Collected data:
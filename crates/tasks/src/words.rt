//! The program's command line, as clap reads it.
ghost use Rattle.std.specs.Prelude.{◌≡◌, IfOk, false};
ghost use Rattle.clap.specs.Words.{App, app_of, new_app, rule_of, with_subcommand};
ghost use Rattle.tasks.specs.Building.{IsLocal, app_in, lined, rule_in, valued};
ghost use Rattle.tasks.specs.Tasks.{bare_app, drop_app, init_app};

use clap::builder::ValueParser;
use clap::{Arg, Command};
use std::alloc::{AllocError, Global};

// A command without its commands below: its name, what it is about, a text for its help, and its arguments in order.
struct Form {
    name: &'static str,
    about: &'static str,
    text: Text,
    arguments: &'static [Argument],
}

// A text that the help of a command has beside the usual ones.
enum Text {
    // None.
    Nothing,
    // The usage line, in place of the one that clap makes.
    Usage(&'static str),
    // A text after the help.
    After(&'static str),
}

// An argument: its id, the name that the help shows for its value, its help, whether it must be given, and its form.
struct Argument {
    id: &'static str,
    value: &'static str,
    help: &'static str,
    required: bool,
    given: Given,
}

// How an argument is given.
#[derive(Clone, Copy)]
enum Given {
    // A positional value.
    Word,
    // One or more positional values.
    Words,
    // `--id VALUE`.
    Option(Value),
}

// The value of an option.
#[derive(Clone, Copy)]
enum Value {
    // Any text.
    Text,
    // A whole number within these bounds.
    Number(u64, u64),
    // The same, with a default.
    Defaulted(u64, u64, &'static str),
}

// The version of the program.
const VERSION: &str = "1.0.0";

// The usage line of `init`. It shows that one of the two secrets is required, which clap can't express.
const INIT_USAGE: &str =
    "drop init [OPTIONS] --clerk <ID> <--secret <SECRET>|--secret-file <SECRETFILE>> <FILE>";

// The help on FILE for `link` and `links`.
const SIGNER: &str =
    "The office file, or key:SECRETFILE to sign with the secret in SECRETFILE without opening an office";

// The text after the help of `desk`: the forms of its commands, with examples.
const DESK_FORMS: &str = "\
The commands. Words are separated by single spaces. Put each command in quotes, so that it is one LINE:

  key add ID ROLE SECRET
      Adds a key. An id can't be used twice, even after its key is revoked.
        ID             1 to 64 of A-Z a-z 0-9 - _
        ROLE           clerk (desk and files) or link (files only)
        SECRET         1 to 128 visible ASCII characters without spaces
      Example: key add tender-2 link 3kQz7mWx0PbT

  key revoke ID
      Revokes a key for good. Its links are refused from then on. The last clerk's key can't be revoked.
      Example: key revoke tender-2

  box add NAME OPENS CLOSES DAYS FROM TO QUOTA FILES MODE RULE
      Adds a box. All values are required, in this order. Numbers have no leading zeros.
        NAME           1 to 63 of a-z 0-9 - .
        OPENS, CLOSES  when uploads begin and end, in UTC: 20261201T080000Z
        DAYS           a digit for each weekday from Monday, 1 open, 0 closed: 1111100 is Monday to Friday
        FROM, TO       its hours on an open day, by the office's clock: 0000 to 2400, FROM before TO, as 0800 1800
        QUOTA          the most bytes it holds, 0 to 1000000000000
        FILES          the most files it holds, 0 to 1000000
        MODE           keep (a file stays as it is) or replace (an upload replaces the file of its name)
        RULE           the names it accepts. any: all names. ends .pdf,.zip: names with one of these endings (1 to 8
                       endings of 1 to 32 bytes). begins offer-: names with this beginning (1 to 64 bytes).
                       Endings and beginnings have no commas or spaces, and A and a differ
      Example: box add roadworks 20261201T080000Z 20261215T110000Z 1111100 0800 1800 1000000000 500 keep ends .pdf,.zip

  box close NAME MOMENT
      Sets the end of uploads to a box, in UTC. It may be earlier or later than before.
      Example: box close roadworks 20261210T110000Z

  file drop BOX NAME
      Removes a file from a box. Its receipt is kept. NAME may contain spaces.
      Example: file drop roadworks plan 2.pdf

  key limit ID BOX
      Limits a key of role link to a box. Each further such command adds a box. Links of the key to any other box
      are refused. A limit can't be removed: add another key instead.
      Example: key limit tender-2 roadworks

  office allow SECONDS
      Sets how many seconds before its start a link is accepted, 0 to 900, for senders whose clocks are fast.
      Example: office allow 60

For an office file called office:
  drop desk office 'key revoke tender-2'

Other users of this machine can see the command while it runs, including a secret. With - as LINE it is read from
standard input, which must hold exactly one line:
  drop desk office - <line";

// The text after the help of `links`: the rows that it reads and writes.
const LINK_ROWS: &str = "\
The list is CSV. Its first row is the head, and each row below asks for one link:

  method,box,name,start,expires
  PUT,roadworks,offer.pdf,20261201T080000Z,604800

  method   PUT to upload, GET or HEAD to fetch
  box      the box's name. The box need not exist yet
  name     the file's name: 1 to 1024 bytes without control characters
  start    when the link becomes valid, in UTC. An office with an allowance accepts it that much earlier
  expires  how many seconds it is valid: 1 to 604800 (one week)

The output repeats each row with its link in a last column, link. A malformed row ends the list. The error names the
row by its number, counted from 1 below the head. The rows before it are written.

For an office file called office:
  drop links office --key tender-2 --host files.example --region us-east-1 <asked.csv >links.csv";
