//! A sweep in which each setting gets seeds only until the interval of its share of runs with a false death is narrow enough.
#![tactic(auto)]

mod lots;
mod parts;
mod runs;
mod tables;
mod until;
mod widths;

pub use runs::SettingRuns;
pub use tables::{sweep_until, write_table_until};
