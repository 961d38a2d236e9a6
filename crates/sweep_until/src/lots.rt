//! The runs of a setting, some at a time, side by side.
ghost use Rattle.std.specs.Prelude.{◌≡◌, ◌<◌, ◌≤◌, ◌^◌, ◌+◌, List, OnErr, IfOk, IfErr};
ghost use Rattle.toml.specs.View.{view};
ghost use Rattle.sweep_plan.specs.Sweep.{run_count};
ghost use Rattle.run_output.specs.Written.{sink_failures};
ghost use Rattle.figures.specs.Notes.{Note};
ghost use Rattle.sweep.specs.Judged.{AreAccepted};
ghost use Rattle.sweep.specs.Runs.{IsAskedFor};
ghost use Rattle.sweep.specs.Shares.{AreShares};
ghost use Rattle.sweep.specs.Table.{Course, HasCause};
ghost use Rattle.sweep_until.specs.Until.{BeginsWide, GoesOn, HasGone};

use crate::runs::SettingRuns;
use base::Fault;
use sequential_run::the_run_is_one;
use std::alloc::Global;
use std::marker::Sync;
use std::thread::Threads;
use sweep::{Progress, Share, make_side_by_side, write_line};
use sweep_plan::Plan;
use toml::Value;
use trace::Sink;

/// Makes the runs of a setting from one number to before another, which are those of these shares, side by side, and writes their
/// lines up to the first run with which the interval is narrow enough. Answers the number of the run after the last that
/// was written; what was made beyond is thrown away.
pub(crate) fn make_lot<S: Sink, P: Progress>(
    rt: &(impl Threads + Sync),
    alloc: Global,
    plan: &Plan,
    key: &[u8],
    width: u64,
    document: &Value,
    shares: &[Share],
    from: usize,
    till: usize,
    progress: &P,
    runs: &mut SettingRuns,
    table: &mut S,
) -> Result<usize, Fault>
    requires asked { IsAskedFor plan.now }
    requires judged { AreAccepted (view document.now) plan.now }
    requires most { width ≤ 100 }
    requires some { from < till }
    requires shared { AreShares from till shares.now }
    requires within { till ≤ run_count plan.now }
    requires countable { S.failed table.old < 2 ^ 63 }
    ensures whole { IfOk result (λ next. (before : List Note) (course : Course) → course.key ≡ key.now → GoesOn (view document.now) plan.now width before course (S.held table.old) runs.old from
        → HasGone (view document.now) plan.now width before course (S.held table.new) runs.new next) }
    ensures further { IfOk result (λ next. from < next) }
    ensures bounded { IfOk result (λ next. next ≤ till) }
    ensures part { OnErr result ((before : List Note) (course : Course) → course.key ≡ key.now → till ≤ course.till → GoesOn (view document.now) plan.now width before course (S.held table.old) runs.old from
        → BeginsWide (view document.now) plan.now width before course (S.held table.new)) }
    ensures causes { IfErr result (HasCause (view document.now) plan.now) }
    ensures failures { S.failed table.new ≡ S.failed table.old + sink_failures result }
{
    the_run_is_one();
    let lot = make_side_by_side(rt, alloc, plan, key, document, shares, progress)?;
    let mut past = from;
    for made in lot {
        let run = made?;
        write_line(alloc, &run, runs, table)?;
        past += 1;
        if runs.is_narrow(width) {
            return Ok(past);
        }
    }
    Ok(past)
}
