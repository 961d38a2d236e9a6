//! How wide the 95 % interval of a share is, by Wilson, where `k` of `n` runs have something.

ghost use Rattle.std.specs.Prelude.{◌≡◌, ◌≤◌, ◌<◌, ◌+◌, ◌*◌, ◌^◌};
ghost use Rattle.sweep_until.specs.Widths.{is_narrow, room, spread};

/// The square of 1.96, in ten thousandths.
const SQUARE: u128 = 38_416;

/// Whether the interval is at most so many hundredths wide, as 5 for 5 %. No runs show nothing. There is room for 1,000,000
/// runs.
pub fn is_narrow(width: u64, k: u64, n: u64) -> bool
    requires most { width ≤ 100 }
    requires few { n ≤ 1000000 }
    requires within { k ≤ n }
    ensures { result ≡ is_narrow width k n }
{
    0 < n && spread(k, n) <= room(width, n)
}

/// The square of the width, times what makes it whole.
fn spread(k: u64, n: u64) -> u128
    requires few { n ≤ 1000000 }
    requires within { k ≤ n }
    ensures { result ≡ spread k n }
{
    let apart = product(k, n - k);
    let runs = u128::from(n);
    400_000_000 * (SQUARE * apart) + 10_000 * (SQUARE * SQUARE * runs)
}

/// The square of the width that is wanted, likewise.
fn room(width: u64, n: u64) -> u128
    requires most { width ≤ 100 }
    requires few { n ≤ 1000000 }
    ensures { result ≡ room width n }
{
    let wanted = u128::from(width);
    wanted * wanted * whole(n)
}

/// What makes it whole.
fn whole(n: u64) -> u128
    requires { n ≤ 1000000 }
    ensures whole { result ≡ n * ((10000 * n + 38416) * (10000 * n + 38416)) }
    ensures small { result < 2 ^ 90 }
{
    u128::from(n) * square(n)
}

/// The square of the runs and of what Wilson adds to them, in ten thousandths of ten thousandths.
fn square(n: u64) -> u128
    requires { n ≤ 1000000 }
    ensures square { result ≡ (10000 * n + 38416) * (10000 * n + 38416) }
    ensures small { result < 2 ^ 70 }
{
    let parts = 10_000 * u128::from(n) + SQUARE;
    parts * parts
}

/// One number times another.
fn product(first: u64, second: u64) -> u128
    requires first { first ≤ 1000000 }
    requires second { second ≤ 1000000 }
    ensures product { result ≡ first * second }
    ensures small { result ≤ 1000000 * 1000000 }
{
    u128::from(first) * u128::from(second)
}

→ To do:
Nothing but the lines with "QUOTA" should be returned, copied from the entries above.

→ Exercise answer:
  box add NAME OPENS CLOSES DAYS FROM TO QUOTA FILES MODE RULE
        QUOTA          the most bytes it holds, 0 to 1000000000000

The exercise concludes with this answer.